Pentecost was a life-changing day. All the people mentioned above were involved and caught up in it. What almighty God did on that day affected the way they thought, spoke, felt and lived, for ever. But how are the events of Pentecost essential to our salvation? The whole work of Jesus was geared towards this climactic event of the giving of the Holy Spirit. Jesus, having made full payment for the sins of the people the Father has given Him, was raised from the dead, triumphing over death. Then He ascended to the Father’s right hand, receiving authority to pour out the Holy Spirit upon all His people.

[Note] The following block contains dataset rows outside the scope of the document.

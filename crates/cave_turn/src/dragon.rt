ghost use Rattle.std.specs.Prelude.{◌≡◌, ◌+◌};
ghost use Rattle.base_lines.specs.Numbers.{LAST_OBJECT};
ghost use Rattle.cave_world.specs.declared.ending.Question.TheVariants as question_is;
ghost use Rattle.turn_scene.specs.Bounds.{GoesOnSaying, HasRoom, MovesOnSaying, parts_of_arrival};
ghost use Rattle.turn_scene.specs.Scene.{scene_of, cave_of};
ghost use Rattle.turn_scene.specs.Rows.{after_all, deed, PlaysBy};
ghost use Rattle.turn_scene.specs.Effects.{for_each_from};
ghost use Rattle.cave_turn.specs.Dragon.{lair, by_dragon, after_gather, after_settle, fight};

use cave_words::Named;
use cave_world::{RowNotes, Table};
use turn_moves::arrive;
use turn_scene::props::{DRAGON_DEAD, DRAGON_DYING, RUG_FREE};
use turn_scene::{Rules, Scene, home, rows, second_home};
use world_objects::object::OBJECTS;
use world_objects::{Object, Place};

/// Where the dead dragon is: between its two homes, at its only one, or where the player is.
#[tactic(auto, unfolding(crate::specs::Dragon::lair))]
fn lair<N: RowNotes>(rules: &Rules<'_>, scene: &mut Scene<'_, N>) -> Place
    ensures row { PlaysBy N.rows lair 0 rules.now question_is.Dragon scene.old scene.new result }
{
    let dragon = rules.thing(Named::Dragon);
    let one = home(rules, dragon);
    let other = second_home(rules, dragon);
    rows! { scene, Table::Lair, scene.state.trail.here;
        one.number() != 0 && other.number() != 0
            => {} -> Place::new((one.number() + other.number()) / 2);
        one.number() != 0 => {} -> one;
        other.number() != 0 => {} -> other;
        otherwise => {};
    }
}

/// Whether an object is at a home of the dragon.
fn is_by_dragon<N: RowNotes>(rules: &Rules<'_>, object: Object, scene: &Scene<'_, N>) -> bool
    ensures { result ≡ by_dragon (deed (cave_of rules.now) object (scene_of N.rows scene.now)) }
{
    let dragon = rules.thing(Named::Dragon);
    let one = home(rules, dragon);
    let other = second_home(rules, dragon);
    let objects = &scene.state.objects;
    (one.number() != 0 && objects.is_first_at(one, object))
        || (other.number() != 0 && objects.is_first_at(other, object))
}

/// Moves an object that is at a home of the dragon to the lair.
#[tactic(auto, unfolding(crate::specs::Dragon::after_gather, crate::specs::Dragon::gathering_rows))]
fn gather_object<N: RowNotes>(
    rules: &Rules<'_>,
    lair: Place,
    object: Object,
    scene: &mut Scene<'_, N>,
)
    ensures scene { scene_of N.rows scene.new
        ≡ after_gather (cave_of rules.now) lair object (scene_of N.rows scene.old) }
    ensures says { GoesOnSaying 0 scene.old scene.new }
{
    rows! { scene, Table::Gathering;
        is_by_dragon(rules, object, scene) => move_to(object, lair);
    }
}

/// Moves all that is at the homes of the dragon to its lair.
fn gather<N: RowNotes>(rules: &Rules<'_>, lair: Place, scene: &mut Scene<'_, N>)
    ensures scene { scene_of N.rows scene.new
        ≡ for_each_from 1 LAST_OBJECT (after_gather (cave_of rules.now) lair)
        (scene_of N.rows scene.old) }
    ensures says { GoesOnSaying 0 scene.old scene.new }
{
    for before in 0..OBJECTS as u8 {
        gather_object(rules, lair, Object::new(before + 1), scene);
    }
}

/// The dragon lies in its lair, with its rug and all that was there, and the player is there too.
#[tactic(auto, unfolding(crate::specs::Dragon::after_settle, crate::specs::Dragon::settle, cave_world::specs::State::state_with_player_at))]
fn settle<N: RowNotes>(rules: &Rules<'_>, lair: Place, scene: &mut Scene<'_, N>)
    requires { HasRoom (parts_of_arrival scene.old.left) scene.old }
    ensures scene { scene_of N.rows scene.new
        ≡ after_settle (cave_of rules.now) lair (scene_of N.rows scene.old) }
    ensures says { MovesOnSaying (parts_of_arrival scene.old.left) scene.old scene.new }
{
    let dragon = rules.thing(Named::Dragon);
    let rug = rules.thing(Named::Rug);
    scene.fix(dragon);
    scene.loosen(rug);
    scene.move_to(dragon, lair);
    scene.move_to(rug, lair);
    gather(rules, lair, scene);
    scene.put_player_at(lair);
    arrive(rules, lair, scene);
}

/// The player fights the dragon with bare hands, and wins.
#[tactic(auto, unfolding(crate::specs::Dragon::fight))]
pub fn fight<N: RowNotes>(rules: &Rules<'_>, scene: &mut Scene<'_, N>)
    requires { HasRoom (parts_of_arrival scene.old.left + 1) scene.old }
    ensures scene { scene_of N.rows scene.new ≡ (after_all fight
        (deed (cave_of rules.now) question_is.Dragon (scene_of N.rows scene.old))).scene }
    ensures says { MovesOnSaying (parts_of_arrival scene.old.left + 1) scene.old scene.new }
{
    let dragon = rules.thing(Named::Dragon);
    scene.look(dragon, DRAGON_DYING);
    scene.set_prop(dragon, DRAGON_DEAD);
    scene.set_prop(rules.thing(Named::Rug), RUG_FREE);
    let lair = lair(rules, scene);
    settle(rules, lair, scene);
}
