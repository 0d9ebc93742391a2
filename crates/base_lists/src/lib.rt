#![tactic(auto)]

// Lists and tables of numbers, and their laws.
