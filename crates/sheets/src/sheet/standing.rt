// The pairs that stand on a sheet.
ghost use Rattle.std.specs.Prelude.{◌≡◌, ◌/◌, ◌<◌, length};
ghost use Rattle.pairings.specs.Next.{Next};
ghost use Rattle.sheets.specs.Gaps.{Gap};
ghost use Rattle.sheets.specs.Sheets.{stood, standing as pairs, rows_of, columns_of};

use crate::sheet::Sheet;
use crate::size::Size;
use pairings::standing::Pairing;

// Whether the pair (s, t) stands in the bytes of a sheet that keeps these sizes.
pub(crate) fn stands_in(bytes: &[u8], size: Size, s: usize, t: usize) -> bool
    ensures { result ≡ stood size bytes.now s t }
{
    let size = size.within(bytes.len());
    if !size.has(s, t) {
        return false;
    }
    let i = s * size.columns as usize + t;
    (bytes[i / 8] >> (i % 8)) & 1 == 1
}

// How many bits from bit i on are known to be 0: none where it is 1, and else the rest of its byte or the bit alone.
fn gap(bytes: &[u8], i: usize) -> usize
    requires { i / 8 < length bytes.now }
    ensures { Gap bytes.now i result }
{
    let rest = bytes[i / 8] >> (i % 8);
    if rest == 0 {
        return 8 - i % 8;
    }
    if rest & 1 == 1 { 0 } else { 1 }
}

// The lowest right state from `from` on and below `below` that stands with s. The rest of a byte that is 0 is passed at once.
pub(crate) fn next_in(
    bytes: &[u8],
    size: Size,
    s: usize,
    from: usize,
    below: usize,
) -> Option<usize>
    ensures { Next (stood size bytes.now s) from below result }
{
    let fitted = size.within(bytes.len());
    if s >= fitted.rows as usize {
        return None;
    }
    let end = below.min(fitted.columns as usize);
    // Kept: the step changes from turn to turn, which no range does; a `find` over all states would lose the jump over bytes.
    let mut t = from;
    while t < end {
        let passed = gap(bytes, s * fitted.columns as usize + t);
        if passed == 0 {
            return Some(t);
        }
        t += passed;
    }
    None
}

impl<'a> Sheet<'a> {
    // The left size, 0 where the sheet is blank.
    pub fn rows(&self) -> usize
        ensures { result ≡ rows_of self.now }
    {
        self.size.within(self.bytes.len()).rows as usize
    }

    // The right size, 0 where the sheet is blank.
    pub fn columns(&self) -> usize
        ensures { result ≡ columns_of self.now }
    {
        self.size.within(self.bytes.len()).columns as usize
    }
}

impl Pairing for Sheet<'_> {
    ghost standing = { pairs };

    fn stands(&self, s: usize, t: usize) -> bool {
        stands_in(self.bytes, self.size, s, t)
    }

    fn next_standing(&self, s: usize, from: usize, below: usize) -> Option<usize> {
        next_in(self.bytes, self.size, s, from, below)
    }
}
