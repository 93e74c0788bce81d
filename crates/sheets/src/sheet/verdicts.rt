// The judgements of a sheet.
ghost use Rattle.std.specs.Prelude.{◌≡◌};
ghost use Rattle.judging.specs.Judged.{Judged, Checks};
ghost use Rattle.judging.specs.Replies.{Replied};
ghost use Rattle.sheets.specs.Calls.{unfit, unpaired, judge_refusal, reply_refusal, JudgedWithout};
ghost use Rattle.sheets.specs.Sheets.{standing as pairs, rows_of, columns_of};

use crate::sheet::Sheet;
use crate::sheet::lifting::judge_without;
use judging::calls::{check_scratch, judge};
use judging::replies::{Ask, reply};
use models::systems::TransitionSystem;
use pairings::faults::Fault;
use pairings::standing::Pairing;
use transitions::replies::Reply;
use transitions::verdicts::Verdict;

impl<'a> Sheet<'a> {
    // Refuses two models that cannot be judged on this sheet.
    fn check_models<L: TransitionSystem, R: TransitionSystem>(
        &self,
        left: &L,
        right: &R,
    ) -> Result<(), Fault>
        ensures { Checks (unfit (rows_of self.now) (columns_of self.now) (L.TransitionSystem.meaning left.now) (R.TransitionSystem.meaning right.now)) result }
    {
        let size = self.size.within(self.bytes.len());
        if size.is_blank() {
            return Err(Fault::Blank);
        }
        if left.states() != size.rows as usize || right.states() != size.columns as usize {
            return Err(Fault::Sizes);
        }
        Ok(())
    }

    // Refuses a pair that cannot be left out.
    fn check_pair(&self, s: usize, t: usize) -> Result<(), Fault>
        ensures { Checks (unpaired (rows_of self.now) (columns_of self.now) (pairs self.now) s t) result }
    {
        if !self.size.within(self.bytes.len()).has(s, t) {
            return Err(Fault::NoState);
        }
        if !self.stands(s, t) {
            return Err(Fault::Missing);
        }
        Ok(())
    }

    // The verdict on the standing pairs. Refused with the first that holds: the sheet is blank, the models' sizes are not its own,
    // the marks or the queue are shorter than the larger size.
    pub fn judge<L: TransitionSystem, R: TransitionSystem>(
        &self,
        left: &L,
        right: &R,
        marks: &mut [u8],
        queue: &mut [u16],
    ) -> Result<Verdict, Fault>
        ensures { Judged (judge_refusal self.now (L.TransitionSystem.meaning left.now) (R.TransitionSystem.meaning right.now) (record { marks = marks.entry.now; queue = queue.old })) (L.TransitionSystem.meaning left.now) (R.TransitionSystem.meaning right.now) (pairs self.now) (record { marks = marks.entry.now; queue = queue.old }) (record { marks = marks.exit.now; queue = queue.new }) result }
    {
        self.check_models(left, right)?;
        judge(left, right, self, marks, queue)
    }

    // The verdict with the pair (s, t) out; the sheet stays. Refused as `judge` is, and then with the first that holds: a state is
    // not below its size, the pair does not stand.
    pub fn without<L: TransitionSystem, R: TransitionSystem>(
        &mut self,
        left: &L,
        right: &R,
        s: usize,
        t: usize,
        marks: &mut [u8],
        queue: &mut [u16],
    ) -> Result<Verdict, Fault>
        ensures { JudgedWithout self.old self.new (L.TransitionSystem.meaning left.now) (R.TransitionSystem.meaning right.now) s t (record { marks = marks.entry.now; queue = queue.old }) (record { marks = marks.exit.now; queue = queue.new }) result }
    {
        self.check_models(left, right)?;
        check_scratch(left, right, marks, queue)?;
        self.check_pair(s, t)?;
        let size = self.size;
        judge_without(left, right, self.bytes, size, s, t, marks, queue)
    }

    // The reply to a step. Refused as `judge` is, and then with the first that holds: the side is neither 0 nor 1, a state is not
    // below its size, the pair does not stand, the place holds no step.
    pub fn reply<L: TransitionSystem, R: TransitionSystem>(
        &self,
        left: &L,
        right: &R,
        ask: Ask,
        marks: &mut [u8],
        queue: &mut [u16],
    ) -> Result<Option<Reply>, Fault>
        ensures { Replied (reply_refusal self.now (L.TransitionSystem.meaning left.now) (R.TransitionSystem.meaning right.now) (record { marks = marks.entry.now; queue = queue.old }) ask) (L.TransitionSystem.meaning left.now) (R.TransitionSystem.meaning right.now) (pairs self.now) ask (record { marks = marks.entry.now; queue = queue.old }) (record { marks = marks.exit.now; queue = queue.new }) result }
    {
        self.check_models(left, right)?;
        reply(left, right, self, ask, marks, queue)
    }
}
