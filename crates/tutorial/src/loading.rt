// A model file read and unfolded into room for a small model.
use modelfile::reading::read;
use processes::equations::Equation;
use processes::terms::Term;
use tables::steps_table::Table;
use transitions::lines::JoinLine;
use transitions::steps::Step;
use unfolding::counts::Counts;
use unfolding::unfolds::unfold;

// What an unfolding left.
#[derive(Clone, Copy, Debug, PartialEq, Eq)]
pub struct Unfolded {
    steps: [Step; 16],
    ends: [u16; 9],
    counts: Counts,
}

impl Unfolded {
    pub fn table(&self) -> Table<'_, '_> {
        Table::new(&self.ends, &self.steps, self.counts)
    }
}

// The unfolding of a file, if neither is refused.
pub fn load(bytes: &[u8]) -> Option<Unfolded> {
    let mut lines = [JoinLine::default(); 1];
    let mut equations = [Equation::Ends(0, 0); 8];
    let mut file = [Term::Action(0); 8];
    let n = read(bytes, &mut lines, &mut equations, &mut file).ok()?;
    let mut terms = [Term::Action(0); 8];
    let mut steps = [Step::default(); 16];
    let mut ends = [0u16; 9];
    let counts = unfold(
        &lines[..n.lines],
        &equations[..n.equations],
        &file[..n.terms],
        n.start,
        &mut terms,
        &mut steps,
        &mut ends,
    )
    .ok()?;
    Some(Unfolded {
        steps,
        ends,
        counts,
    })
}
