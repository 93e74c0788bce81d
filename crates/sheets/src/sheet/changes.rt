// The calls that change one pair of a sheet.
ghost use Rattle.sheets.specs.Calls.{Numbers, Paired, Unpaired};
ghost use Rattle.sheets.specs.Sheets.{rows_of, columns_of};

use crate::bits::{put_bit, take_bit};
use crate::sheet::Sheet;
use pairings::faults::Fault;
use pairings::standing::Pairing;

impl<'a> Sheet<'a> {
    // The number of the pair's bit. Refused with the first that holds: the sheet is blank, a state is not below its size.
    fn bit_of(&self, s: usize, t: usize) -> Result<usize, Fault>
        ensures { Numbers (rows_of self.now) (columns_of self.now) s t result }
    {
        let size = self.size.within(self.bytes.len());
        if size.is_blank() {
            return Err(Fault::Blank);
        }
        if !size.has(s, t) {
            return Err(Fault::NoState);
        }
        Ok(s * size.columns as usize + t)
    }

    // Puts the pair (s, t) on the sheet. Refused, and then nothing changes, with the first that holds: the sheet is blank, a state
    // is not below its size, the pair stands already.
    pub fn pair(&mut self, s: usize, t: usize) -> Result<(), Fault>
        ensures { Paired self.old self.new s t result }
    {
        let i = self.bit_of(s, t)?;
        if self.stands(s, t) {
            return Err(Fault::Stands);
        }
        put_bit(self.bytes, i);
        Ok(())
    }

    // Takes the pair (s, t) off the sheet. Refused, and then nothing changes, with the first that holds: the sheet is blank, a
    // state is not below its size, the pair does not stand.
    pub fn unpair(&mut self, s: usize, t: usize) -> Result<(), Fault>
        ensures { Unpaired self.old self.new s t result }
    {
        let i = self.bit_of(s, t)?;
        if !self.stands(s, t) {
            return Err(Fault::Missing);
        }
        take_bit(self.bytes, i);
        Ok(())
    }
}
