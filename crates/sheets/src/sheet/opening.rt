// The opening of a sheet.
ghost use Rattle.sheets.specs.Calls.{Opened};

use crate::bits::clear;
use crate::sheet::Sheet;
use crate::size::Size;
use models::systems::TransitionSystem;

impl<'a> Sheet<'a> {
    // A sheet for the pairs of two models, on which nothing stands: exactly the bytes that it needs are cleared. Where a model is
    // empty or the bytes are too few, the sheet is blank and the bytes stay.
    pub fn open<L: TransitionSystem, R: TransitionSystem>(
        bytes: &'a mut [u8],
        left: &L,
        right: &R,
    ) -> Sheet<'a>
        ensures { Opened (L.TransitionSystem.meaning left.now) (R.TransitionSystem.meaning right.now) bytes.entry result }
    {
        let size = Size {
            rows: left.states() as u16,
            columns: right.states() as u16,
        };
        let needed = size.needed();
        if size.is_blank() || needed > bytes.len() {
            return Sheet {
                bytes,
                size: Size {
                    rows: 0,
                    columns: 0,
                },
            };
        }
        clear(bytes, needed);
        Sheet { bytes, size }
    }
}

The pouring out of the Spirit is a greatly anticipated event throughout the whole Bible. On one occasion, while Israel were in the wilderness, Joshua was upset for Moses’ sake because two other men were prophesying in the camp. ‘My lord Moses, stop them’, he asked. But Moses was indignant: ‘Are you jealous for my sake? Would that all the LORD’s people were prophets, that the LORD would put his Spirit on them!’ (Num. 11:28-29). At Pentecost, Moses’ longing is being answered. The Spirit now comes upon the church – not just upon Israel, but men and women of every nation. The presence of the tongues was to demonstrate the reversal of the judgement of Babel. Whereas once God had scattered people into nations and languages, now He is drawing His people together. ‘Everyone who calls on the name of the Lord will be saved’ (Acts 2:21).

Of course what happened in the birth of Jesus, and what happened in His death and resurrection, are tremendously important. But it is possible to think of them only as experiences that Jesus had as a private individual. There is a wrong way of thinking about them which detaches the real, living Jesus from us. We might just as well remember the birth and death of Sir Winston Churchill. That is not the way it should be. God’s people do not simply look at Jesus’ life and death from a distance. We are caught up in Christ as participants. When we look at Pentecost, we see that the great ‘Immanuel’ principle of the Bible – ‘God with us’ – is not something hypothetical; it is a living, breathing reality. For without the coming of the Spirit there would be no salvation, no faith, no worship, no prayer, no assurance, no worldwide church. Because of Pentecost the gospel comes to us, ‘not only in word, but also in power and in the Holy Spirit and with full conviction’ (1 Thess. 1:5), and ‘righteousness and peace and joy in the Holy Spirit’ are our present possession (Rom. 14:17).

So, for all these reasons, remember Pentecost – but you don’t have to mark it on 27 May. Think about it every day if you can.

Paul Yeulett is the pastor of Shrewsbury Evangelical Church.